The code below is the most complex part of the script.  It is a def() or function that Python uses to repeat competitive tasks, you can think of it as a very flexible macro.

Function which takes a Excel (.xlsx) file and converts it to a Pandas dataframe.
It loops through each specified sheet of the Excel file and puts the resulting Pandas dataframe into a list of dataframes. 

In [5]:
def fromXLSXtoDF(sheetNames_param, xlsxData_param):
    allDF = []
    for i in sheetNames_param:
        # print the sheet name (not necessary) but print statements give valuable feedback to the programmer and are used everywhere 
        # in the development process.
        print("Reading in sheet:", i)
        # so read each sheet named "i", and grab only columns 0 and 5 (which contain the relevant data)
        df = pd.read_excel(xlsxData_param, sheet_name=i, usecols=[0, 5])
        # set the timestamp to the index, this makes time series analysis easier.
        df = df.set_index("Date")
        # calculate diff and percent change, should be done per year
        # diff is the first difference, so the change in data from one day to the next.  
        df["PremiumDiff"] = df["Premium"].diff(1)
        # percent change is the change from one day to the next.
        df["PremiumPrctChange"] = df["Premium"].pct_change(1)
        # add the dataframe to the list of dataframes
        allDF.append(df)
    # concatenate across column (axis=0), use the index as key)
    result = pd.concat(allDF, axis=0, join='outer')
    # change names of columns to the sheetnames
    # result.columns = sheetNames
    return(result)

The code below takes the required names of the Excel sheets and the Excel file and runs the function fromXLSXtoDF defined in the above function.

In [6]:
#Calculate correlations for raw data

#Sheet that contain the desired data
sheetNames = ["SB Par Mar17", "SB Par Mar18", "SB Par Mar19"]

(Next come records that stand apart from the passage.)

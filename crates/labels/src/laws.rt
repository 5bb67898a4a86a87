ghost use Rattle.std.specs.Prelude.{◌≡◌, ℕ, List, None};
ghost use Rattle.std.specs.List.Sorted.{IsPermutation};
ghost use Rattle.pairs.specs.Labels.{Label};
ghost use Rattle.labels.specs.Canonical.{AreTexts, IsCanonical, IsTextOf};
ghost use Rattle.labels.specs.Faults.{first_fault};
ghost use Rattle.labels.specs.Keys.{key_cmp};

use crate::key::StreamKey;
use std::cmp::Ordering;

/// The law that labels have one canonical text, in any order in which they are given.
pub fn one_text()
    ensures list { (t u : List ℕ) (ps : List Label) → IsCanonical t ps → IsCanonical u ps → t ≡ u }
    ensures set { (t u : List ℕ) (pairs others : List Label) → IsPermutation pairs others
        → IsTextOf t pairs
        → IsTextOf u others → t ≡ u }
{}

/// The law that labels whose values are texts have a canonical text exactly where they have no fault.
pub fn some_text()
    ensures faultless { (pairs : List Label) → AreTexts pairs → first_fault pairs ≡ None
        → (text : List ℕ)
        × IsTextOf text pairs }
    ensures only { (text : List ℕ) (pairs : List Label) → IsTextOf text pairs → AreTexts pairs
        × (first_fault pairs ≡ None) }
{}

/// The law that no two label sets share a canonical text.
#[tactic(auto, using(crate::proofs::Unique::one_set))]
pub fn one_set()
    ensures list { (t : List ℕ) (ps qs : List Label) → IsCanonical t ps → IsCanonical t qs
        → ps ≡ qs }
    ensures set { (t : List ℕ) (pairs others : List Label) → IsTextOf t pairs → IsTextOf t others
        → IsPermutation pairs others }
{}

/// The order of keys: by the tenant's bytes, then by those of the labels' canonical text.
pub fn order_of_keys(one: &StreamKey, other: &StreamKey) -> Ordering
    ensures { result ≡ key_cmp one.now other.now }
{
    one.cmp(other)
}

#Read in the name of the Excel file
xlsxData = 'Pna Prem vs Brl - Jeff.xlsx'

#Run the function
sbYears = fromXLSXtoDF(sheetNames, xlsxData)

#Drop missing values
sbYears = sbYears.dropna()
 

Reading in sheet: SB Par Mar17
Reading in sheet: SB Par Mar18
Reading in sheet: SB Par Mar19


The code below loads the Brazilian currency data.  We didn't write a function because we only do these steps once.

In [None]:
#Read in BRL dta

#Read in data from the same Excel file in sheet named 'Brl'
brl = pd.read_excel('Pna Prem vs Brl - Jeff.xlsx', 'Brl')

#Set Date (GMT) as the index, which makes times series analysis easier
brl = brl.set_index('Date (GMT)')

#Re-naming index to Date in order to merge 
brl.index.name = 'Date' 

#Calculate the percentage change, just like in the function 
brl['BrlPrctChange'] = brl["Last"].pct_change(1)

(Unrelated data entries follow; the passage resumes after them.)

ghost use Rattle.std.specs.Prelude.{◌≡◌, ℕ, List, map, Some, None, IfSome, IfNone, length, ◌≤◌};
ghost use Rattle.std.specs.List.{list_all};
ghost use Rattle.pairs.specs.Labels.{label_of};
ghost use Rattle.labels.specs.Faults.{max_labels, begins_name, continues_name, is_name, label_fault, each_fault, first_fault};

use crate::fault::LabelFault;

/// The most labels of a stream: Loki's default for `max_label_names_per_series`.
pub const MAX_LABELS: usize = 15;
/// The longest name, in bytes.
const MAX_NAME: usize = 1_024;
/// The longest value, in bytes.
pub const MAX_VALUE: usize = 2_048;

fn begins_name(byte: u8) -> bool
    ensures { result ≡ begins_name byte }
{
    byte.is_ascii_alphabetic() || byte == b'_'
}

fn continues_name(byte: u8) -> bool
    ensures { result ≡ continues_name byte }
{
    byte.is_ascii_alphanumeric() || byte == b'_'
}

fn all_continue_name(bytes: &[u8]) -> bool
    ensures { result ≡ list_all continues_name bytes.now }
{
    bytes.iter().all(|byte| continues_name(*byte))
}

fn is_name(name: &str) -> bool
    ensures { result ≡ is_name name.now }
{
    match name.as_bytes() {
        [] => false,
        [first, rest @ ..] => begins_name(*first) && all_continue_name(rest),
    }
}

/// What is wrong with a label of this name and a value of this length.
#[tactic(auto, unfolding(crate::specs::Faults::label_fault))]
pub fn label_fault(name: &str, value_len: usize) -> Option<LabelFault>
    ensures { (value : List ℕ) → length value ≡ value_len → result ≡ label_fault (name.now, value) }
{
    if !is_name(name) {
        Some(LabelFault::BadName)
    } else if name.len() > MAX_NAME {
        Some(LabelFault::NameTooLong)
    } else if value_len == 0 {
        Some(LabelFault::EmptyValue)
    } else if value_len > MAX_VALUE {
        Some(LabelFault::ValueTooLong)
    } else {
        None
    }
}

/// The fault of the first label that has one.
pub fn each_fault(pairs: &[(String, String)]) -> Option<LabelFault>
    ensures { result ≡ each_fault (map label_of pairs.now) }
{
    for (name, value) in pairs {
        let fault = label_fault(name.as_str(), value.len());
        if fault.is_some() {
            return fault;
        }
    }
    None
}

/// The first fault other than `NameTwice`: `None` where it remains only to see whether a name is given twice.
#[tactic(auto, unfolding(crate::specs::Faults::first_fault))]
pub fn early_fault(pairs: &[(String, String)]) -> Option<LabelFault>
    ensures some { IfSome result (λ e. first_fault (map label_of pairs.now) ≡ Some e) }
    ensures none { IfNone result ((1 ≤ length pairs.now) × (length pairs.now ≤ max_labels)
        × (each_fault (map label_of pairs.now) ≡ None)) }
{
    if pairs.is_empty() {
        Some(LabelFault::NoLabels)
    } else if pairs.len() > MAX_LABELS {
        Some(LabelFault::TooManyLabels)
    } else {
        each_fault(pairs)
    }
}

#Calculate the first differeence, just like in the function
brl['BrlDiff'] = brl["Last"].diff(1)

#Take only the relevant columns of the Pandas dataframe
brl = brl[["Last", "BrlDiff", "BrlPrctChange"]]

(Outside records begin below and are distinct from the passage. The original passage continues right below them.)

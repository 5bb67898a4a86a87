ghost use Rattle.std.specs.Prelude.{◌≡◌, ◌≤◌, ◌<◌, ◌^◌};
ghost use Rattle.std.specs.List.{fold};
ghost use Rattle.labels.specs.Shards.{fnv_step, max_shards, shard};

use crate::key::StreamKey;

/// The most shards among which keys may be spread: this project's profile.
pub const MAX_SHARDS: u32 = 64;

const FNV_BASIS: u64 = 14_695_981_039_346_656_037;

const FNV_PRIME: u64 = 1_099_511_628_211;

fn hash_byte(hash: u64, byte: u8) -> u64
    ensures { result ≡ fnv_step hash byte }
{
    (hash ^ u64::from(byte)).wrapping_mul(FNV_PRIME)
}

fn hash_bytes(hash: u64, bytes: &[u8]) -> u64
    ensures { result ≡ fold fnv_step hash bytes.now }
{
    bytes.iter().fold(hash, |hash, byte| hash_byte(hash, *byte))
}

/// The shard of a key among `count` shards, 1 to `MAX_SHARDS`: the FNV-1a hash of 64 bits over the tenant, one zero
/// byte and the canonical text, modulo the count.
pub fn shard_of(key: &StreamKey, count: u32) -> u32
    requires some { 1 ≤ count }
    requires few { count ≤ max_shards }
    ensures shard { result ≡ shard key.now count }
    ensures within { result < count }
{
    let hash = hash_bytes(FNV_BASIS, key.tenant.as_str().as_bytes());
    let hash = hash_byte(hash, 0);
    let hash = hash_bytes(hash, key.labels.as_str().as_bytes());
    (hash % u64::from(count)) as u32
}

#Rename the columns called Last to Brl
brl = brl.rename(columns = {'Last':'Brl'})

#Drop missing values
brl = brl.dropna()

#Show me the results
brl.head(3)

Combine the two data frames created above

In [None]:
# Merge data
merD = pd.merge(sbYears,brl,how='inner',on='Date')
merD.head(3)

The data is not continuous over the years, so only take those days for which data is available

In [None]:
df1 = merD
year2016 = df1['2016-06-07': '2016-09-29']
print("2016:", year2016.shape)  #print states to find out how much data each dataframe holds
year2017 = df1['2017-06-05': '2017-09-29']
print("2017:", year2017.shape)
year2018 = df1['2018-06-05': '2018-09-29']
print("2018:", year2018.shape)
year2019 = df1['2019-06-05': '2019-09-29']
print("2019:", year2019.shape)  #2019 is empty

Take a look at the data.  The difference in scale of the data distorts any visual representation in the realationship.

In [None]:
year2017[['PremiumPrctChange', 'BrlPrctChange']].plot(figsize=(15,7))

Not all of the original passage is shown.